**Material supplied**

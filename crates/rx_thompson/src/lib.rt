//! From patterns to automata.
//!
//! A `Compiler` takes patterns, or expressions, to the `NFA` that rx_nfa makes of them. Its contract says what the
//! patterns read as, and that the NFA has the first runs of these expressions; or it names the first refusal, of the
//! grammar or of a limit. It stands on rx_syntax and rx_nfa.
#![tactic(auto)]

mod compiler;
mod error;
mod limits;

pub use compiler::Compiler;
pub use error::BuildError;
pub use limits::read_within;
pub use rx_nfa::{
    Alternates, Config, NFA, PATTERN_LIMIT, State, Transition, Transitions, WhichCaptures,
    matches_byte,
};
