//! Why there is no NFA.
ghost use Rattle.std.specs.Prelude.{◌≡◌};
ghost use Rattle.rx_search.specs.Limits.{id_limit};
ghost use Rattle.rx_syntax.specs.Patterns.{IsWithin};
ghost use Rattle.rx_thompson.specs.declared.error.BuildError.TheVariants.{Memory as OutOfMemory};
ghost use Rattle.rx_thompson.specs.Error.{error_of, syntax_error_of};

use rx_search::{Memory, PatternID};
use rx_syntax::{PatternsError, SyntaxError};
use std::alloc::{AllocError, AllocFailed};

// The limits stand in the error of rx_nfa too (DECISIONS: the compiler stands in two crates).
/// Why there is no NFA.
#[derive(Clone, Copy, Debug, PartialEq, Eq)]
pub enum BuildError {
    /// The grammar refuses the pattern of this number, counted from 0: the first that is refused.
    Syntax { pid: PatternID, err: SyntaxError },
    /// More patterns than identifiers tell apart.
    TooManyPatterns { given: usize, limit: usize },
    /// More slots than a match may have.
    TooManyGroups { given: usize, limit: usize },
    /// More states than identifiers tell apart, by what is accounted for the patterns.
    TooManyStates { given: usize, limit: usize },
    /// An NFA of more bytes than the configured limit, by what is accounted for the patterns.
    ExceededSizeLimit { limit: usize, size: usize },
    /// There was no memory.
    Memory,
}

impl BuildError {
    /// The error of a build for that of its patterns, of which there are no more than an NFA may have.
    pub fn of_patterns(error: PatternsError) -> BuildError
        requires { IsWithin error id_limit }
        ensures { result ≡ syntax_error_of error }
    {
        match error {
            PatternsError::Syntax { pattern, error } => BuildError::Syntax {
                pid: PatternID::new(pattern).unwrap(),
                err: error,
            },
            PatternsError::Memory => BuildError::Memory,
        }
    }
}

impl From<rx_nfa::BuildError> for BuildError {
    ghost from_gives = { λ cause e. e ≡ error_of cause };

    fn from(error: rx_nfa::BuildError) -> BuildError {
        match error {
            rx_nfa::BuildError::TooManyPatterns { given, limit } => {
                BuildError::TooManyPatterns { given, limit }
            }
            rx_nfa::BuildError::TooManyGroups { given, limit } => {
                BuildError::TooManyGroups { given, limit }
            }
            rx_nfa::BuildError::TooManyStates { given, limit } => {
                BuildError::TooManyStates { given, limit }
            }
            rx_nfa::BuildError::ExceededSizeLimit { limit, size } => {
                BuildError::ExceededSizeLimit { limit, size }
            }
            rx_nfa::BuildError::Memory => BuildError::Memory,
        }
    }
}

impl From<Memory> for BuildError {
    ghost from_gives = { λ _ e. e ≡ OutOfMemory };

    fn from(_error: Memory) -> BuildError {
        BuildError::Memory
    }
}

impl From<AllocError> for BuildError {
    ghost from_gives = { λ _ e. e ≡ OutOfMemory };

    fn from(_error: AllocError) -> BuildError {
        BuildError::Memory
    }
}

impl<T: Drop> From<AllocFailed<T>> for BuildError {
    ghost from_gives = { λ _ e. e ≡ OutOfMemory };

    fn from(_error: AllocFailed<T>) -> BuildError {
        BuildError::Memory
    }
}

--

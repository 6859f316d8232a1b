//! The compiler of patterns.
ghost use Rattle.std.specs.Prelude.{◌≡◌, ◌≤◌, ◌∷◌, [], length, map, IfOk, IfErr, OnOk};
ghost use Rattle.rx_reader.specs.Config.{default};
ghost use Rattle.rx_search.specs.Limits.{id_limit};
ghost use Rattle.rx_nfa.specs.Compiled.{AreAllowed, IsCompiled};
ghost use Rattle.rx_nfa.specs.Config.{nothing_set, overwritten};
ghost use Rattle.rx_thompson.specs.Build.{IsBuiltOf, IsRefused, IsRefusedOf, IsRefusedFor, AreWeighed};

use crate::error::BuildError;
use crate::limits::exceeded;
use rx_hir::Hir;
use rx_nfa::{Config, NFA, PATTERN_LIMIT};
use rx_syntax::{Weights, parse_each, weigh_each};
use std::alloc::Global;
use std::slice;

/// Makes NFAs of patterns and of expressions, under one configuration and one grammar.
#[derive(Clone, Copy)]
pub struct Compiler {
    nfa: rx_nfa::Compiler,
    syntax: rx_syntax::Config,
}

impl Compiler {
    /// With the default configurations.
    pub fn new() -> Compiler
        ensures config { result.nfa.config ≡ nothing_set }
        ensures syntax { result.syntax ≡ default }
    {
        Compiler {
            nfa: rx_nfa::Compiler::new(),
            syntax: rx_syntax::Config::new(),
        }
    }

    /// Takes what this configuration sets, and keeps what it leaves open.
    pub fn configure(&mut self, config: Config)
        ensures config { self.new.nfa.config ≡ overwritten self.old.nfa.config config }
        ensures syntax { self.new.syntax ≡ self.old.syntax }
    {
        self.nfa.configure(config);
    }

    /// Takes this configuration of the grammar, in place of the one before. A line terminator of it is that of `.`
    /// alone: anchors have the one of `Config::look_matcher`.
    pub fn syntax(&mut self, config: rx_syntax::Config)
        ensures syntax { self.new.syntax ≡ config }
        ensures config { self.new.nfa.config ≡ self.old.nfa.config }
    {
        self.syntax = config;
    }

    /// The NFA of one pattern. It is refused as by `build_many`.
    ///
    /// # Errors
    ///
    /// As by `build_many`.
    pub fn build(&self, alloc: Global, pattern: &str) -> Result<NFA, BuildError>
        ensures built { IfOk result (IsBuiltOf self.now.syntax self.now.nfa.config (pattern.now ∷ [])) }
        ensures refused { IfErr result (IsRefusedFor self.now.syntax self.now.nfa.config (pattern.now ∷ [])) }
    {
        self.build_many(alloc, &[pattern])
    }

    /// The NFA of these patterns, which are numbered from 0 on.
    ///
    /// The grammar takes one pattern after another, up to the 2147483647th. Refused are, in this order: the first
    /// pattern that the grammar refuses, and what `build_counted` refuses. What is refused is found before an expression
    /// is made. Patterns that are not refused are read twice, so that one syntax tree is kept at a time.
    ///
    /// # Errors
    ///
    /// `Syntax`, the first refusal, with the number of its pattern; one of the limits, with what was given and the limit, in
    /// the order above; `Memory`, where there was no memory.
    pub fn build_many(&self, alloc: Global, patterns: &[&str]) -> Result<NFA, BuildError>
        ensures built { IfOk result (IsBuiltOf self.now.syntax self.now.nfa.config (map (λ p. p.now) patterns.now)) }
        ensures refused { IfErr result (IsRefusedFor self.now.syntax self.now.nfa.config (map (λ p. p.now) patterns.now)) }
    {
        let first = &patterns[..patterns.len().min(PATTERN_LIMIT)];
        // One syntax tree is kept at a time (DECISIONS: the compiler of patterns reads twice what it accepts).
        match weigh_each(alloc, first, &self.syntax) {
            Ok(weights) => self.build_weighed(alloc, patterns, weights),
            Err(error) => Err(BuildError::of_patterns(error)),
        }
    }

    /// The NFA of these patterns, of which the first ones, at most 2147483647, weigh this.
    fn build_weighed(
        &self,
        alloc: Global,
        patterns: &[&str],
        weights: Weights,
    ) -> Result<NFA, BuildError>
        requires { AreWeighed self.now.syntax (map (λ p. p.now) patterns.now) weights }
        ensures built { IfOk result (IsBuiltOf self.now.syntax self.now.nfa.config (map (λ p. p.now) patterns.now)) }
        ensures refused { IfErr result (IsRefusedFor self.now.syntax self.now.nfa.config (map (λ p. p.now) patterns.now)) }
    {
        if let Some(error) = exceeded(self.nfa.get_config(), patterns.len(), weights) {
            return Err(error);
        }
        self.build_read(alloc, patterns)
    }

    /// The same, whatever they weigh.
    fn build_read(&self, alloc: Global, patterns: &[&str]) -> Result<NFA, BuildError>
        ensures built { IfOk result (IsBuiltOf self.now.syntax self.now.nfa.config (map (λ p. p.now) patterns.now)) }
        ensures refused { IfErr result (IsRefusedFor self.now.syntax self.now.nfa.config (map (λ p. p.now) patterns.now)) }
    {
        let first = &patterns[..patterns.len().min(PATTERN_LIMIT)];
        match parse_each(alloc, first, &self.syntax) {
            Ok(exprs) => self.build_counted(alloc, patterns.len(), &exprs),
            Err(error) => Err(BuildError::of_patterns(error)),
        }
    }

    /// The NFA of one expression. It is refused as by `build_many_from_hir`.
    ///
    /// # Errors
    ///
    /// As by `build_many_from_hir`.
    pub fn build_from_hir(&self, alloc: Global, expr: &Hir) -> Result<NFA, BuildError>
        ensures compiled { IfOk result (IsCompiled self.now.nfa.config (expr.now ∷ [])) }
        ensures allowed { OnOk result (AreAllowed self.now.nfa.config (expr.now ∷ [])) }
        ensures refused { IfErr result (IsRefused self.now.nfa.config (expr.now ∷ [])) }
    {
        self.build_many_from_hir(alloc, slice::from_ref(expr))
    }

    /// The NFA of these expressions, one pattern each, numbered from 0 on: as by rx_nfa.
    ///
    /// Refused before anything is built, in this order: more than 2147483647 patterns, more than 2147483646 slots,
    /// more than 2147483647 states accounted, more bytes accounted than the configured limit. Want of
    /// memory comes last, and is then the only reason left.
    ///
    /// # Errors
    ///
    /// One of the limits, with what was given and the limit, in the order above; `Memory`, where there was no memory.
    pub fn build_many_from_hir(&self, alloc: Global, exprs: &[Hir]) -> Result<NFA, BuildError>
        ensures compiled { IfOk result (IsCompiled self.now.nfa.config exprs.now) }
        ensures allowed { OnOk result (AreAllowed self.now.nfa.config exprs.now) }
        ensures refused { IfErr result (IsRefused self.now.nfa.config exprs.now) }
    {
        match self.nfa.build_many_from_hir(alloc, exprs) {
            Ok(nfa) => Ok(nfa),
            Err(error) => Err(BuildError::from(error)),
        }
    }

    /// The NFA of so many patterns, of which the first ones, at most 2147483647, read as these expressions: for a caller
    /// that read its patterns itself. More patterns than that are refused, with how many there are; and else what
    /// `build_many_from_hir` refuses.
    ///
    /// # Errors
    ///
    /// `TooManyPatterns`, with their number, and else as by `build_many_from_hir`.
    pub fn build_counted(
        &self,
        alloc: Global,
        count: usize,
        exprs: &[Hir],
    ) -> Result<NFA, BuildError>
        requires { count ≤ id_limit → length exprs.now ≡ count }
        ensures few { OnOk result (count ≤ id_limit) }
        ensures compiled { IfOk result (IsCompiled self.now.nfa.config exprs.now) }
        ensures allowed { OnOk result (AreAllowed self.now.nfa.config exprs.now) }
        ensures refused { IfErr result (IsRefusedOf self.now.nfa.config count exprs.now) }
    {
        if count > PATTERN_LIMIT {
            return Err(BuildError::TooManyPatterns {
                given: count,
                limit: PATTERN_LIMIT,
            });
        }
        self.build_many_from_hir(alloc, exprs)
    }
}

**To do**
Once you reach the line with "filename crates/rx_thompson/src/lib.rt" in the data above, copy it and every line after it exactly, up to and including the line with "mod limits;".

**Result of this exercise**
filename crates/rx_thompson/src/lib.rt
//! From patterns to automata.
//!
//! A `Compiler` takes patterns, or expressions, to the `NFA` that rx_nfa makes of them. Its contract says what the
//! patterns read as, and that the NFA has the first runs of these expressions; or it names the first refusal, of the
//! grammar or of a limit. It stands on rx_syntax and rx_nfa.
#![tactic(auto)]

mod compiler;
mod error;
mod limits;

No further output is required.